Il PAC, a Milano Il PAC, a Milano
Il PAC, a Milano
Il PAC, a Milano

“I musei devono essere luoghi dove si va per alimentare i propri problemi di conoscenza”, affermava Franco Russoli. La Public History sviluppa questi temi

Senza utopia non si fa la realtà!”. Sembra lo slogan pubblicitario di una multinazionale passato alla televisione negli anni Sessanta. E invece con grandissimo entusiasmo lo gridava Franco Russoli, ex direttore della Pinacoteca di Brera. Perché il direttore di uno dei musei più importanti d’Italia, definito il piccolo Louvre, sentiva la necessità di cambiare ciò che è stato costruito con fatica e che rispetta le aspettative tradizionali dei pubblici che lo frequentano?

Giorgio Agamben, una volta, al bar con degli amici, e poi in uno dei testi più brillanti mai scritti, “Che cos’è il contemporaneo?”, scrisse che “contemporaneo è l’inattuale”. E cioè colui che sa vedere “come un male, un inconveniente, un difetto, qualcosa di cui la sua epoca va giustamente orgogliosa”. Il contemporaneo è “una singolare relazione col proprio tempo, che aderisce a esso e, insieme, ne prende le distanze”. È un’abilità che equivale a “neutralizzare le luci che provengono dall’epoca per scoprire la sua tenebra, il suo buio speciale”. Bene, Franco Russoli era una rarità nel panorama intellettuale di quegli anni. E aveva ben intuito che il museo non poteva solo essere un contenitore di memorie passate. E che per nessun motivo la sua funzione doveva risolversi con la mera muta esposizione.

 

Franco Russoli osserva Calder
Franco Russoli osserva Calder

Questo intellettuale ha lavorato tutta la sua vita affinché quella memoria fosse interpellata, decostruita e ricomposta, non solo dagli addetti ai lavori, ma da chiunque volesse riscoprire la propria relazione con il tempo e la cultura. Insomma, il museo doveva diventare un luogo di possibilità, uno spazio vivo, volto all’alimentazione del pensiero critico di ognuno. Quando oggi aspettiamo ansiosi il prossimo Decreto, e ci accorgiamo che va bene aprire una chiesa ma non aprire un museo, assistiamo al crollo delle utopie dei virtuosi esempi del nostro passato. Davvero i musei sono considerati meno di un centro commerciale? Eppure, se decidessimo domani di andare alla Rinascente ed entrare da Alessi, i prodotti che vi troveremmo esposti, in parte sono stati selezionati e esposti all’interno di un Museo del Design.

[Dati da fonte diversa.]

//! The chains of an image.
ghost use Rattle.std.specs.Prelude.{◌≡◌, ◌≤◌, true};
ghost use Rattle.std.specs.Iterator.{at_most};
ghost use Rattle.std.specs.NonZero.{non_zero_u16_get};
ghost use Rattle.plan.specs.Plans.{NextNeighbour, within};
ghost use Rattle.plan.specs.Refusals.{heard};
ghost use Rattle.image.specs.Chains.{plan_of};
ghost use Rattle.image.specs.Images.{image_of};
ghost use Rattle.image.specs.Records.{index_field, Reads, RecordOf, FollowerOf, ChainSteps, steps_left};
ghost use Rattle.image.specs.SoundSteps.{SoundSteps, ends_left};
ghost use Rattle.image.specs.Reading.{Walked, chains_verdict, is_sound};

use crate::fields::read;
use crate::layout::Layout;
use crate::record::{Record, record_start};
use crate::sound_chain::SoundChain;
use plan::{Junction, Refusal};
use std::num::NonZeroU16;

/// A walk along the chain of `of`, behind a far end `low`: the far ends of its records. It meets a
/// record that may not follow as `None`, and nothing behind it.
#[derive(Drop)]
struct Chain<'a> {
    image: Layout<'a>,
    of: Junction,
    low: Junction,
    at: Option<NonZeroU16>,
}

impl Iterator for Chain<'_> {
    type Item = Option<Junction>;

    ghost next_gives = { ChainSteps };

    ghost remaining = { λ s. at_most (steps_left s) };

    fn next(&mut self) -> Option<Option<Junction>> {
        let i = self.at.take()?;
        let found = self.image.follower(self.of, self.low, i);
        if let Some(found) = found {
            self.low = found.far;
            self.at = found.next;
        }
        Some(found.map(|found| found.far))
    }
}

impl Iterator for SoundChain<'_> {
    type Item = Junction;

    ghost next_gives = { SoundSteps };

    ghost remaining = { λ s. at_most (ends_left (image_of s.image.bytes.now) (index_field s.at)) };

    fn next(&mut self) -> Option<Junction> {
        let found = self.image.known_record(self.at?);
        self.at = found.next;
        Some(found.far)
    }
}

// That v is a junction of the image is asked of each call: a junction alone is a number, and a type
// that ties it to the image would be no plainer.
impl<'a> Layout<'a> {
    /// The record of index i, which is one of the records.
    fn known_record(&self, i: NonZeroU16) -> Record
        requires { non_zero_u16_get i ≤ (image_of self.now.bytes.now).records }
        ensures { Reads (image_of self.now.bytes.now) (non_zero_u16_get i) result }
    {
        Record::read(self.bytes, record_start(self.header.n, i))
    }

    /// The record of index i, or `None` above the number of records.
    fn record(&self, i: NonZeroU16) -> Option<Record>
        ensures { RecordOf (image_of self.now.bytes.now) (non_zero_u16_get i) result }
    {
        if i.get() > self.header.records {
            return None;
        }
        Some(self.known_record(i))
    }

    /// The record of index i, where it may follow a far end `low` in the chain of v.
    fn follower(&self, v: Junction, low: Junction, i: NonZeroU16) -> Option<Record>
        ensures { FollowerOf (image_of self.now.bytes.now) v.0 low.0 (non_zero_u16_get i) result }
    {
        let found = self.record(i)?;
        if found.near != v || found.far <= low || found.far.0 > self.header.n {
            return None;
        }
        Some(found)
    }

    /// The index of the first record in the chain of v, if any.
    fn head(&self, v: Junction) -> Option<NonZeroU16>
        requires { within self.now.header.n v.0 ≡ true }
        ensures { index_field result ≡ (image_of self.now.bytes.now).head v.0 }
    {
        NonZeroU16::new(read(self.bytes, 8 + 2 * v.index()))
    }

    /// The chain of v, from its first record on.
    fn chain(&self, v: Junction) -> Chain<'a>
        requires { within self.now.header.n v.0 ≡ true }
        ensures image { result.image ≡ self.now }
        ensures of { result.of ≡ v }
        ensures low { result.low ≡ v }
        ensures at { index_field result.at ≡ (image_of self.now.bytes.now).head v.0 }
    {
        Chain {
            image: *self,
            of: v,
            low: v,
            at: self.head(v),
        }
    }

    /// The chain of v in a sound image, from its first record on.
    fn sound_chain(&self, v: Junction) -> SoundChain<'a>
        requires sound { is_sound self.now.bytes.now ≡ true }
        requires inside { within self.now.header.n v.0 ≡ true }
        ensures image { result.image ≡ self.now }
        ensures at { index_field result.at ≡ (image_of self.now.bytes.now).head v.0 }
    {
        SoundChain {
            image: *self,
            at: self.head(v),
        }
    }

    /// How many records the chain of v has, or `None` where it is faulty.
    fn chain_length(&self, v: Junction) -> Option<u16>
        requires { within self.now.header.n v.0 ≡ true }
        ensures { Walked (image_of self.now.bytes.now) v.0 result }
    {
        let mut passed = 0;
        for far in self.chain(v) {
            far?;
            passed += 1;
        }
        Some(passed)
    }

    /// The lowest far end above w in the chain of v, where w is v or above: in a sound image, v's
    /// next neighbour after w.
    pub(crate) fn next_above(&self, v: Junction, w: Junction) -> Option<Junction>
        requires sound { is_sound self.now.bytes.now ≡ true }
        requires inside { within self.now.header.n v.0 ≡ true }
        requires upper { v.0 ≤ w.0 }
        ensures { NextNeighbour (plan_of (image_of self.now.bytes.now)) v.0 w.0 result }
    {
        self.sound_chain(v).find(|far| *far > w)
    }

    /// Turned down by 6 with the junction of the first faulty chain, or with junction 0 where every
    /// chain is sound and a record is in none.
    pub(crate) fn check_chains(&self) -> Result<(), Refusal>
        ensures { heard result ≡ chains_verdict (image_of self.now.bytes.now) }
    {
        let mut reached = 0;
        for v in 1..self.header.n + 1 {
            let v = Junction(v);
            // No record is in two chains, for its near end tells which, so none is counted twice.
            reached += self.chain_length(v).ok_or(Refusal::ChainFault(v))?;
        }
        if reached != self.header.records {
            return Err(Refusal::ChainFault(Junction(0)));
        }
        Ok(())
    }
}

Questa analisi porta all’attenzione il ricordo di un appuntamento con la storia a cui non possiamo arrivare in ritardo. Ed è quello dell’attenzione allo sviluppo di una nobilissima disciplina, che negli ultimi anni si sta evolvendo in direzione di salvaguardia delle relazioni culturali, e che prende il nome di Public History. Rendere omaggio a questa scoperta significa continuare il lavoro dello stesso Russoli, che in un tempo non troppo lontano, ha investito tutto il suo tempo e ingegno per salvaguardare la nostra generazione. La Public History è un modo di raccontare la storia fuori dal contesto accademico, e cioè interpellando fonti di vario genere, dal cinema alla videotape passando per la fotografia e concludendo con l’analisi di testi musicali.

 

Per la Public History i musei sono centrali
Per la Public History i musei sono centrali

Questo è uno strumento a cui bisogna aggrapparsi in un periodo di perdizione critica, e che può aiutarci a resistere al delirio di onnipotenza a cui assistiamo quotidianamente da parte di chi, esprimendolo alla maniera di Agamben, non è contemporaneo e ignora le conseguenze di questa chiusura culturale o forse le programma. La public history aiuta a mantenerci in allenamento rispetto alla presa di coscienza dei prodotti che bulimicamente sta producendo questa società. Bisogna ricordare che in questo momento storico non si può assolutamente rallentare rispetto allo studio dei fenomeni e dei contenuti che si producono. Perché sono il collegamento alla prossima epoca. Ignorare il fatto che la ricerca deve avvalersi dei luoghi della cultura, per anticipare il prossimo futuro, è un attentato all’emancipazione culturale.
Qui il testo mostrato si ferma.